> _Data for the task_

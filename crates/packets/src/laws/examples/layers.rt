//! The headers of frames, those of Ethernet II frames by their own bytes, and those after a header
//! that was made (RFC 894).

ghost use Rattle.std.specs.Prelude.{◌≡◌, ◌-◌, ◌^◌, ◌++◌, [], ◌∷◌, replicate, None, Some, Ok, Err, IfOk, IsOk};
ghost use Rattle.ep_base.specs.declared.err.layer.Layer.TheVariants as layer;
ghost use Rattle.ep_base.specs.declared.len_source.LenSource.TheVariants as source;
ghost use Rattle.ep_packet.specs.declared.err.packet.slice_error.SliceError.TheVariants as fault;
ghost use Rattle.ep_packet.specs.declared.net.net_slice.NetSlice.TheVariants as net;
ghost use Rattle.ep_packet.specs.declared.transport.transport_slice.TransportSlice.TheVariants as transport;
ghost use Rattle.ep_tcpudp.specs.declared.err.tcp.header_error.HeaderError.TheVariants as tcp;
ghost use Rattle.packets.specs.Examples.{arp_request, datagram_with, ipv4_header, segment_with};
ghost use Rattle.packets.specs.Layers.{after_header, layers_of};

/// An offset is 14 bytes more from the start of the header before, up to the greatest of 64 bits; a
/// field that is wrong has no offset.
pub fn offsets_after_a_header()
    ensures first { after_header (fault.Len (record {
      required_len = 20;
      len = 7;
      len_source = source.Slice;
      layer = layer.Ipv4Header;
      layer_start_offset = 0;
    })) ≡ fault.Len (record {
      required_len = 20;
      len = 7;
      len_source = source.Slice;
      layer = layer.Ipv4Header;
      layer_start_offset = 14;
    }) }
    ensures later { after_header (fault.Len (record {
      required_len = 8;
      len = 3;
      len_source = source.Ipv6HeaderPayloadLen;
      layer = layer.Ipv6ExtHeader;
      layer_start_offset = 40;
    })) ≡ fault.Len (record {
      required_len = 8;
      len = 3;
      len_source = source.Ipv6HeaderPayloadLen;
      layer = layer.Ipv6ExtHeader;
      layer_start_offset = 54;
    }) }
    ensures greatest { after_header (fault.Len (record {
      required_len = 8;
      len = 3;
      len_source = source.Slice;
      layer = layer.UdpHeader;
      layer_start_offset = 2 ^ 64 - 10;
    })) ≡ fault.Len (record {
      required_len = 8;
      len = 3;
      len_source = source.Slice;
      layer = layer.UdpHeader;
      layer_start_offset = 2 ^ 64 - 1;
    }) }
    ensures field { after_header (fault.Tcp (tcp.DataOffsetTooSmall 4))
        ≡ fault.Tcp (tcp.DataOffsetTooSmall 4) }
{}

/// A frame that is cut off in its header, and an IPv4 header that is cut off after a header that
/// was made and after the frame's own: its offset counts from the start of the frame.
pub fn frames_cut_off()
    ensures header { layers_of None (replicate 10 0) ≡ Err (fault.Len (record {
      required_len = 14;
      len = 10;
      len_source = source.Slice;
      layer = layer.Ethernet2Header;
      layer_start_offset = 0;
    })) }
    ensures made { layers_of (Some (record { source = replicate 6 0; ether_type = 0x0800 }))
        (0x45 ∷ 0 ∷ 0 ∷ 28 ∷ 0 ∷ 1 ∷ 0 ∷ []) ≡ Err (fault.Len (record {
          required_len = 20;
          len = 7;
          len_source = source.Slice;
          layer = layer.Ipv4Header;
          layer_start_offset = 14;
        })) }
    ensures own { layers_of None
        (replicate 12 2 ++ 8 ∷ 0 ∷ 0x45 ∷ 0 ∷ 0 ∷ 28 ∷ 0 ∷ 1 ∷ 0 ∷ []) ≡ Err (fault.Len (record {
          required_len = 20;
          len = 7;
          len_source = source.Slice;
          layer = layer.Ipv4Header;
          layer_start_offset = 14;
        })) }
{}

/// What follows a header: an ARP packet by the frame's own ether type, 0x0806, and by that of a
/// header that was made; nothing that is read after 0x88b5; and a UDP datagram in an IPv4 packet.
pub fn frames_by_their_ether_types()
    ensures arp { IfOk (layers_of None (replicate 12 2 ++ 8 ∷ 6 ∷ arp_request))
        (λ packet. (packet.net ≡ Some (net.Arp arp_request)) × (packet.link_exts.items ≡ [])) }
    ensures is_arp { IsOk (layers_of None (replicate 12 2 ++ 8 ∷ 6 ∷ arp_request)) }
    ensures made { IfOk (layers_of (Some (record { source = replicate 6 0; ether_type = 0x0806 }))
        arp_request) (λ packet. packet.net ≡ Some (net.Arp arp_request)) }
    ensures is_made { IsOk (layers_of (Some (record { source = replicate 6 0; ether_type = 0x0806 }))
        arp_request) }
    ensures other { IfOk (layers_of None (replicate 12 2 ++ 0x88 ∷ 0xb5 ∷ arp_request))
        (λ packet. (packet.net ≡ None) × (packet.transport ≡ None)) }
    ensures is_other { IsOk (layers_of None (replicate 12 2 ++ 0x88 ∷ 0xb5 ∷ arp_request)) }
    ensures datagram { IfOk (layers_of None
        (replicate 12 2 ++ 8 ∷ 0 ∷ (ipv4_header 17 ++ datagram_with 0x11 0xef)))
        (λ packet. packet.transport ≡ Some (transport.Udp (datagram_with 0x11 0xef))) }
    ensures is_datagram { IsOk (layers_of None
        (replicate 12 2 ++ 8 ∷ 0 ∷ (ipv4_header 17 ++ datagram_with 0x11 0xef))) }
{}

==

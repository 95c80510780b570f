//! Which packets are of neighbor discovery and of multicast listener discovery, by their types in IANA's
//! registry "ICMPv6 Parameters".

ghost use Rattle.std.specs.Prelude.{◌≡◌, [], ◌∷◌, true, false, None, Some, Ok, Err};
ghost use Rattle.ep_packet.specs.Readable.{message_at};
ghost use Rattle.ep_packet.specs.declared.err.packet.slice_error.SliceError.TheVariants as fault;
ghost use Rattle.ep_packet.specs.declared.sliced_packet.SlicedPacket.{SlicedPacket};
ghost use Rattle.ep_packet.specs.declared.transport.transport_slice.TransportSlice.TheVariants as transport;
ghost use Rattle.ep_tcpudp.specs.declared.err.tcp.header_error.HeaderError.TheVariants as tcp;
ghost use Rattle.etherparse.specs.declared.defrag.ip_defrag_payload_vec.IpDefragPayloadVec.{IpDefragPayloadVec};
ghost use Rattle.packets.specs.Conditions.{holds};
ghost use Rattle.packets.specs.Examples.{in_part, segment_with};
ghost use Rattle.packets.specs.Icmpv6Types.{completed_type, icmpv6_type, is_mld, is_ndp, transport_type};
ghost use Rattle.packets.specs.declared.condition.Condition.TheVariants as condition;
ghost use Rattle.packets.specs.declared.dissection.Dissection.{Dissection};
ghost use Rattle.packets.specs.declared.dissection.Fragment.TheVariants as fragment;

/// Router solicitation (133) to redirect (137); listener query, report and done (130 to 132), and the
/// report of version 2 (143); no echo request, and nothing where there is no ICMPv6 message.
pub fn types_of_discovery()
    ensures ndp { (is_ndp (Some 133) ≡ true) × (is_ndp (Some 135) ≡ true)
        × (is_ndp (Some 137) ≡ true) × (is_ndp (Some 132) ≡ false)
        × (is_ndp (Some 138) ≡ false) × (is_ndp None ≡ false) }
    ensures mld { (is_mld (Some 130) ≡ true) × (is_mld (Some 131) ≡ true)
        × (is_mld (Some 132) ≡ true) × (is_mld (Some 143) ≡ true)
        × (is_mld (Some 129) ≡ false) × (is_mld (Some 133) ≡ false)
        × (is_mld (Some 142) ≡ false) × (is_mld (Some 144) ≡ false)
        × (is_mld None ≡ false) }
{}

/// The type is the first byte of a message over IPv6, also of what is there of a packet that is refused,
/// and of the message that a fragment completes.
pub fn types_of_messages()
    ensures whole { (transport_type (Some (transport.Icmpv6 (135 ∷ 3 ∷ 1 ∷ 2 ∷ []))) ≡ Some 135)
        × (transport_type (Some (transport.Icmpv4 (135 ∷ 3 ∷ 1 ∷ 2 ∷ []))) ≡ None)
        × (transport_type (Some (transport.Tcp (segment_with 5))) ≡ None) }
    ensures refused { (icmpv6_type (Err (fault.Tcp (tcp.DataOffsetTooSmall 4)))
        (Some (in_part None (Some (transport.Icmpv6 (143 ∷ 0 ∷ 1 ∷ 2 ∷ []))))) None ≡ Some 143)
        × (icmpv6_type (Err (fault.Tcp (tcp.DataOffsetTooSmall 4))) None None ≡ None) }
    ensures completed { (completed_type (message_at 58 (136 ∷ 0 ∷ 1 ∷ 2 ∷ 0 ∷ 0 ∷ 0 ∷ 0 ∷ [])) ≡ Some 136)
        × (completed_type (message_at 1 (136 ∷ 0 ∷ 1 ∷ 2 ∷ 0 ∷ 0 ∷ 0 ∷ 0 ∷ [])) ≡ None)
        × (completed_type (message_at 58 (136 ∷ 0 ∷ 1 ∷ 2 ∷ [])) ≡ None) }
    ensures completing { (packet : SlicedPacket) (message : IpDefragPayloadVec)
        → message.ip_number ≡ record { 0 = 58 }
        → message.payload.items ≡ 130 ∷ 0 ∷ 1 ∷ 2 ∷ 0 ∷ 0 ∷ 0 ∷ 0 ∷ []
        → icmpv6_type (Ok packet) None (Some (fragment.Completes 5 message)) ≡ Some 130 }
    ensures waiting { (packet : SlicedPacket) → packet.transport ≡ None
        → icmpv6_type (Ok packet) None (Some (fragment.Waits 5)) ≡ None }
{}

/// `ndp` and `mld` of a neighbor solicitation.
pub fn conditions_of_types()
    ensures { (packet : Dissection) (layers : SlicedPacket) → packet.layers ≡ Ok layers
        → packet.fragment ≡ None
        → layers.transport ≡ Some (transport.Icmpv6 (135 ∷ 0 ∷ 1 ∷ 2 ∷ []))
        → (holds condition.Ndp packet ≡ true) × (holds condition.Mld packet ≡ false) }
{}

> _Exercise aim_
For the word "refused", return every line of the records that holds it.

> _Finished task_
/// The type is the first byte of a message over IPv6, also of what is there of a packet that is refused,
    ensures refused { (icmpv6_type (Err (fault.Tcp (tcp.DataOffsetTooSmall 4)))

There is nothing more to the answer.